Iran has reportedly launched a series of attacks on US banks, raising dire implications not just for geopolitics, but also for cloud security.
Since the fall, a series of major US banks -- including Bank of America, J.P. Morgan Chase, and Citigroup -- have seen their websites stumble and falter as a result of massive DDOS (distributed denial of service) attacks.
Today, the New York Times is reporting that unnamed "government officials" are saying the attacks are the work of Iran, "most likely in retaliation for economic sanctions and online attacks by the United States." A former official, and security expert, James A. Lewis, has said there is "no doubt within the U.S. government that Iran is behind these attacks."
One reason not to suspect activity by an organized and powerful cybercriminal operation is that nothing was stolen, and no credit card information was compromised. The objective of the breach seems to have been to cause disruption.
At this point, you might be tempted to breathe a sigh of relief.

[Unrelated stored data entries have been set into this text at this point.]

// Why an answer has no text.
ghost use Rattle.std.specs.Prelude.{◌≡◌};
ghost use Rattle.text.specs.declared.errors.AnswerError.TheVariants.{Memory};

use std::alloc::{AllocError, AllocFailed};

// What an answer that has no text lacks.
#[derive(Clone, Copy, PartialEq, Eq, Debug)]
pub enum AnswerError {
    // The bytes of a row end before its entries do.
    Cut,
    // There is no memory.
    Memory,
}

impl From<AllocError> for AnswerError {
    ghost from_gives = { λ _ e. e ≡ Memory };

    fn from(_error: AllocError) -> AnswerError {
        AnswerError::Memory
    }
}

impl<T: Drop> From<AllocFailed<T>> for AnswerError {
    ghost from_gives = { λ _ e. e ≡ Memory };

    fn from(_refused: AllocFailed<T>) -> AnswerError {
        AnswerError::Memory
    }
}
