// What holds of roots as text: each contract is a theorem.
ghost use Rattle.text.specs.Laws.{SmallRootsAsNumbers, RootsReadBack};

// A root that a number of eight bytes holds is printed as that number is.
#[tactic(auto, using(crate::proofs::RootLaws::small_roots))]
pub fn small_roots_as_numbers_holds()
    ensures { SmallRootsAsNumbers }
{}

// The digits of a root's text stand for the root.
#[tactic(auto, using(crate::proofs::RootLaws::roots_back))]
pub fn roots_read_back_holds()
    ensures { RootsReadBack }
{}
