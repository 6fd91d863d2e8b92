// The text of the programs: requests, answers and the past as they are printed.
#![tactic(auto)]

pub mod answers;
pub mod errors;
pub mod laws;
pub mod lists;
pub mod requests;

pub use answers::answer_text;
pub use errors::AnswerError;
pub use lists::past_text;
pub use requests::{Request, may_text};
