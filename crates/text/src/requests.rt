// What a line asks of a client, and as text.
ghost use Rattle.std.specs.Prelude.{◌≡◌, ◌*◌, ◌<◌, ◌≤◌, false, map, length, take, Some};
ghost use Rattle.std.specs.Fmt.{DisplaysOnOk, digit_glyph};
ghost use Rattle.std.specs.List.{flat_map};
ghost use Rattle.wire.specs.Meaning.{data_of};
ghost use Rattle.text.specs.Text.{block_text, bytes_text, hex, request_text, may_text};
ghost use Rattle.text.specs.Meaning.{request_of};

use std::fmt;
use wire::{Data, Duty, Share};

// An event, or a question, or raw bytes.
#[derive(Drop)]
pub enum Request {
    // A duty to be done.
    OnDuty(Duty),
    // The deciding for a slot has come to data.
    Decided(u64, Data),
    // A share came.
    ShareCame(Share),
    // A block has this data of ours.
    Block(Vec<Data>),
    // The own shares that are kept are to be sent once more.
    Resend,
    // Whether the deciding for a slot may come to data.
    May(u64, Data),
    // What the past is.
    Past,
    // Bytes as they are.
    Bytes(Vec<u8>),
}

// The request as a line.
impl fmt::Display for Request {
    ghost output = { λ q. Some (request_text (request_of q)) };

    #[tactic(auto, unfolding(crate::specs::Meaning::request_of, crate::specs::Text::request_text, crate::specs::Text::event_text))]
    fn fmt<W: fmt::Write>(&self, f: &mut fmt::Formatter<W>) -> fmt::Result {
        match self {
            Request::OnDuty(duty) => write!(f, "duty {duty}"),
            Request::Decided(slot, what) => write!(f, "decided {slot}: {what}"),
            Request::ShareCame(share) => write!(f, "share {share}"),
            Request::Block(listed) => write_block(f, listed.as_slice()),
            Request::Resend => write!(f, "resend"),
            Request::May(slot, what) => write!(f, "may {slot}: {what}"),
            Request::Past => write!(f, "past"),
            Request::Bytes(bytes) => write_bytes(f, bytes.as_slice()),
        }
    }
}

// A block's line.
#[tactic(auto, using(crate::proofs::Listed::block_none))]
fn write_block<W: fmt::Write>(f: &mut fmt::Formatter<W>, listed: &[Data]) -> fmt::Result
    ensures { DisplaysOnOk W.write_str_gives f.old result (Some (block_text (map data_of listed.now))) f.new }
{
    let [first, others @ ..] = listed else {
        return write!(f, "block");
    };
    write!(f, "block: {first}")?;
    for what in others {
        write!(f, ", {what}")?;
    }
    Ok(())
}

// The line of raw bytes.
#[tactic(auto, using(crate::proofs::Listed::bytes_none))]
fn write_bytes<W: fmt::Write>(f: &mut fmt::Formatter<W>, bytes: &[u8]) -> fmt::Result
    ensures { DisplaysOnOk W.write_str_gives f.old result (Some (bytes_text bytes.now)) f.new }
{
    if bytes.is_empty() {
        return write!(f, "bytes");
    }
    write!(f, "bytes ")?;
    let (parts, rest) = bytes.as_chunks();
    write_parts(f, parts)?;
    write_part(f, rest)
}

// Parts in hexadecimal, one after another.
fn write_parts<W: fmt::Write>(f: &mut fmt::Formatter<W>, parts: &[[u8; 32]]) -> fmt::Result
    ensures { DisplaysOnOk W.write_str_gives f.old result (Some (flat_map hex parts.now)) f.new }
{
    for part in parts {
        write_part(f, part)?;
    }
    Ok(())
}

// At most 32 bytes in hexadecimal. Their digits are handed on as one text, since handing on costs more than a digit.
fn write_part<W: fmt::Write>(f: &mut fmt::Formatter<W>, part: &[u8]) -> fmt::Result
    requires { length part.now ≤ 32 }
    ensures { DisplaysOnOk W.write_str_gives f.old result (Some (hex part.now)) f.new }
{
    let mut room = [0u8; 64];
    put_digits(&mut room, part);
    f.write_str(str::from_utf8(&room[..2 * part.len()]).unwrap())
}

// Puts the two digits of each byte at the front of the room.
// Stays: digits by hand, since a hole for each byte, `{byte:02x}`, made a run over raw bytes twice as long.
fn put_digits(room: &mut [u8], bytes: &[u8])
    requires { 2 * length bytes.now ≤ length room.old }
    ensures { take (2 * length bytes.now) room.new ≡ hex bytes.now }
{
    for (place, byte) in bytes.iter().enumerate() {
        let pair = [digit(*byte / 16), digit(*byte % 16)];
        room[2 * place..2 * place + 2].copy_from_slice(&pair);
    }
}

// A digit to the base 16.
fn digit(number: u8) -> u8
    requires { number < 16 }
    ensures { result ≡ digit_glyph false number }
{
    if number < 10 {
        b'0' + number
    } else {
        b'a' - 10 + number
    }
}

// What is answered where it is asked whether data may be decided.
// Stays: a bool has a Display already, which prints other words, and two words need no type of their own.
#[tactic(auto, unfolding(crate::specs::Text::may_text))]
pub fn may_text(may: bool) -> &'static str
    ensures { result.now ≡ may_text may }
{
    if may { "yes" } else { "no" }
}
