//! The release of a port's own value.
ghost use Rattle.std.specs.Prelude.{◌≡◌};
ghost use Rattle.iox_tables.specs.HubStates.Releases.{with_value_released};
ghost use Rattle.iox_tables.specs.HubStates.States.{Given, state_shown};
ghost use Rattle.iox_tables.specs.HubMaking.Disconnections.{with_released};
ghost use Rattle.iox_model.specs.WholeCalls.{IsWholeCall};
ghost use Rattle.iox_model.specs.declared.call.Call.TheVariants.{Release};
ghost use Rattle.iox_model.specs.declared.reply.Reply.TheVariants.{Done};
ghost use Rattle.iox_control.specs.Controls.{IsControl};
ghost use Rattle.iox_control_releasing.specs.Goings.{KeptPools, StaysTidy};
ghost use Rattle.iox_control_releasing.specs.Named.{IsHeldPort};

use crate::disconnect::disconnect_if_unused;
use iox_control::Control;

/// Releases the own value of that port. The port stays while it has handles, and goes if nothing of
/// it is left.
pub fn release_port(control: &mut Control, node: u64, port: u64)
    requires port { IsHeldPort control.old.tables node port }
    requires order { IsControl control.old }
    ensures left { control.new.tables
        ≡ record (with_released (with_value_released control.old.tables port) port) {
          pools = control.new.tables.pools;
        } }
    ensures order { IsControl control.new }
    ensures pools { KeptPools control.old.tables.pools control.new.tables.pools }
    ensures tidy { StaysTidy control.old.tables control.new.tables }
    ensures whole { (x : Given) → IsWholeCall (state_shown x control.old.tables) node
        (Release port) Done (state_shown x control.new.tables) }
{
    control.release_value(port);
    disconnect_if_unused(control, port, 0);
}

At least Iran is hammering high-street banks rather than the power grid or transit systems. But the bad news is that these attacks seem to have exposed the vulnerability of cloud computing for the first time.

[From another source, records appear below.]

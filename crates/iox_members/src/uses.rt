//! Callers of the nodes, with no proof of their own.
ghost use Rattle.std.specs.Prelude.{◌≡◌, ◌∷◌, [], IfOk, None, OnErr, false, length};
ghost use Rattle.iox_model.specs.Joins.{new_node};
ghost use Rattle.iox_members.specs.Nodes.{room_in};
ghost use Rattle.iox_members.specs.Registers.{listed};
ghost use Rattle.iox_members.specs.Registering.{AreRegistered};
ghost use Rattle.iox_members.specs.Steps.{IsJoined, IsLeaving};

use crate::members::Members;
use iox_model::reply::Refusal;
use iox_registry::RegistryNewError;
use iox_types::identifiers::{UniqueNodeId, UniqueSystemId};
use std::alloc::Global;

/// The first node of service 7 is node 0, and there may be 20 nodes.
pub fn first(alloc: Global, id: UniqueNodeId) -> Result<Members, RegistryNewError>
    ensures node { IfOk result (λ x. x.members.nodes ≡ new_node 0 id ∷ []) }
    ensures room { IfOk result (λ x. room_in x ≡ 20) }
{
    Members::new(alloc, 7, id, 20)
}

/// A node that has nothing leaves.
pub fn leaves_with_nothing(members: &mut Members, node: u64) -> Result<(), Refusal<u64>>
    ensures { IsLeaving members.old.members node false result members.new.members }
{
    members.leave(node, false)
}

/// A node joins, of which nothing is asked. A refused one leaves what is registered as it was.
pub fn joins(members: &mut Members, id: UniqueSystemId) -> Result<u64, Refusal<u64>>
    ensures joined { IsJoined members.old.members id None (room_in members.old) result
        members.new.members }
    ensures unchanged { OnErr result (members.new.registry ≡ members.old.registry) }
{
    members.join(id, None)
}

/// How many nodes are registered. They are those of the service.
pub fn registered(members: &Members) -> usize
    ensures number { result ≡ length (listed members.now.registry) }
    ensures registered { AreRegistered members.now.members members.now.registry }
{
    members.dynamic_config().number_of_nodes()
}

Security researchers reported last October that these attacks were originating from hacked datacenters rather than from giant botnets. Using the cloud, the intruders were able to generate quantities of traffic described as "overwhelming." The new information is that the datacenters were hacked, not by savvy thieves, but by a potential enemy.

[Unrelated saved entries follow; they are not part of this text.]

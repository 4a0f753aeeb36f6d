//! The machine of parties at counts.
ghost use Rattle.std.specs.Prelude.{◌≡◌};

use super::{CountCall, CountEvent, CountParty, CountProgram, CountReply, CountSite};
use iox_steps::{Entry, Machine, MachineError, Progress};
use std::alloc::{AllocError, Global};
use std::marker::Model;

/// Counts among shared words, and the parties that raise and take them out.
#[derive(Drop)]
pub struct CountingBitSetMachine {
    machine: Machine<CountParty>,
    site: CountSite,
}

impl Model for CountingBitSetMachine {
    ghost use Rattle.iox_set_steps.specs.CountPlays.{CountsHoldAt};
    ghost use Rattle.iox_set_steps.specs.CountMachines.{SitedCounts};

    ghost Value = { SitedCounts };

    ghost view = { λ m. record { site = m.site; machine = m.machine } };

    ghost invariant = { λ m. CountsHoldAt m.site m.machine };
}

impl CountingBitSetMachine {
    ghost use Rattle.std.specs.Prelude.{◌≡◌, ℕ, ◌+◌, ◌≤◌, length, take, IfOk, IfErr, OnOk, OnErr};
    ghost use Rattle.iox_set_steps.specs.Counts.{count_now, taken_out, times_added};
    ghost use Rattle.iox_set_steps.specs.CountPlays.{CountsHoldAt};
    ghost use Rattle.iox_set_steps.specs.CountMachines.{AllCountsEntered, AreZero, AreNewCounts, BeginsCountCall, CountsBegun, CountsStepped, CountsStopAtStep};
    ghost use Rattle.iox_set_steps.specs.CountMachines.{IsCountBeginRefused, IsCountEvent, IsCountStepRefused, PlayCounts, counts_answer, counts_begun, counts_stepped, count_site_of, new_counts};
    ghost use Rattle.iox_set_steps.specs.CountEntries.{counts_after};
    ghost use Rattle.iox_set_steps.specs.Sites.{StayAtSites};

    /// A machine of this many parties at the counts of a site, all of which are 0.
    pub fn new(
        alloc: Global,
        words: Vec<u64>,
        site: CountSite,
        parties: usize,
    ) -> Result<CountingBitSetMachine, AllocError>
        requires room { site.base + site.capacity ≤ length words.items }
        requires zero { AreZero site words.items }
        ensures made { IfOk result (AreNewCounts words.items site parties) }
        ensures is { IfOk result (λ counts. counts ≡ new_counts words.items site parties) }
    {
        let party = CountParty {
            site,
            program: CountProgram::AtRest,
        };
        let parties = vec![in alloc; party; parties]?;
        Ok(CountingBitSetMachine {
            machine: Machine::new(alloc, words, parties),
            site,
        })
    }

    /// The shared words.
    pub fn words(&self) -> &[u64]
        ensures { result.now ≡ self.now.machine.words }
    {
        self.machine.words()
    }

    /// Where the counts stand.
    pub fn site(&self) -> CountSite
        ensures { result ≡ self.now.site }
    {
        self.site
    }

    /// What happened so far.
    pub fn events(&self) -> &[CountEvent]
        ensures { result.now ≡ self.now.machine.events }
    {
        self.machine.events()
    }

    /// What holds wherever the parties are in their calls.
    pub fn holds(&self)
        ensures { CountsHoldAt self.now.site self.now.machine }
    {
        let _words = self.machine.words();
    }

    /// The party begins the call, with no access.
    pub fn begin(&mut self, party: usize, call: CountCall) -> Result<(), MachineError>
        ensures begins { OnOk result (BeginsCountCall self.old party call self.new) }
        ensures next { OnOk result (self.new ≡ counts_begun self.old party call) }
        ensures begun { OnOk result (CountsBegun self.old.machine party call self.new.machine) }
        ensures refused { IfErr result (IsCountBeginRefused self.old.machine party call) }
        ensures unchanged { OnErr result (self.new ≡ self.old) }
    {
        self.machine.begin(party, call)
    }

    /// One access of the party's call.
    pub fn step(&mut self, party: usize) -> Result<Progress<CountReply>, MachineError>
        ensures event { IfOk result (λ answer. IsCountEvent self.old party answer self.new) }
        ensures next { OnOk result (self.new ≡ counts_stepped self.old party) }
        ensures answer { IfOk result (λ answer. answer ≡ counts_answer self.old party) }
        ensures stepped { IfOk result (λ answer.
            CountsStepped self.old.machine party answer self.new.machine) }
        ensures refused { IfErr result (IsCountStepRefused self.old.machine party) }
        ensures unchanged { OnErr result (self.new ≡ self.old) }
    {
        self.machine.step(party)
    }

    /// Plays a schedule to its end, or to the step that finds no memory. As much was added to each
    /// count as was taken out and is there now. A schedule played to its end has only one result.
    pub fn run(&mut self, schedule: &[Entry<CountCall>]) -> Result<(), MachineError>
        ensures counts { (id : ℕ) → times_added id self.new.machine.events
            ≡ taken_out id self.new.machine.events
            + count_now self.new.site self.new.machine.words id }
        ensures inside { (id : ℕ) → self.new.site.capacity ≤ id
            → times_added id self.new.machine.events ≡ 0 }
        ensures holds { CountsHoldAt self.new.site self.new.machine }
        ensures happened { (count : ℕ) × PlayCounts self.old (take count schedule.now) self.new }
        ensures all_events { OnOk result (PlayCounts self.old schedule.now self.new) }
        ensures here { self.new.site ≡ self.old.site }
        ensures sites { StayAtSites count_site_of self.old.machine self.new.machine }
        ensures played { (count : ℕ)
            × AllCountsEntered self.old.machine (take count schedule.now) self.new.machine }
        ensures whole { OnOk result
            (AllCountsEntered self.old.machine schedule.now self.new.machine) }
        ensures stopped { OnErr result
            (CountsStopAtStep self.old.machine schedule.now self.new.machine) }
        ensures after { OnOk result (self.new ≡ counts_after self.old schedule.now) }
        ensures refused { IfErr result (λ error. error ≡ MachineError.WantOfMemory) }
    {
        self.machine.run(schedule)
    }
}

The implications should be obvious to everyone, although perhaps not to the group of US Senators which has been blocking cybersecurity legislation designed to protect the national infrastructure.
- First, we can foresee botnets being superseded by malicious "cloudnets."
- Second, assuming major banks are not migrating key functions to cowboy cloud suppliers, reputable cloud vendors are indeed vulnerable to breaches.
- Third, if a potential enemy can disrupt the banking system via the cloud, then there other things they can disrupt too.
What do we take away from this? Politically, it undermines the argument that the private sector can be trusted to maintain cybersecurity -- specifically relating to the national infrastructure -- without oversight. At an enterprise level, it's yet another reminder that cloud security isn't just something to chat about: It's a live issue.
Last month, I wrote a blog called Waiting for Shoes to Drop: The Year in Security. In response to my blog, David Silversmith pointed out that just because we hadn't heard the shoe drop, didn't mean anything. He was right. The shoe just dropped, and it made quite a thud.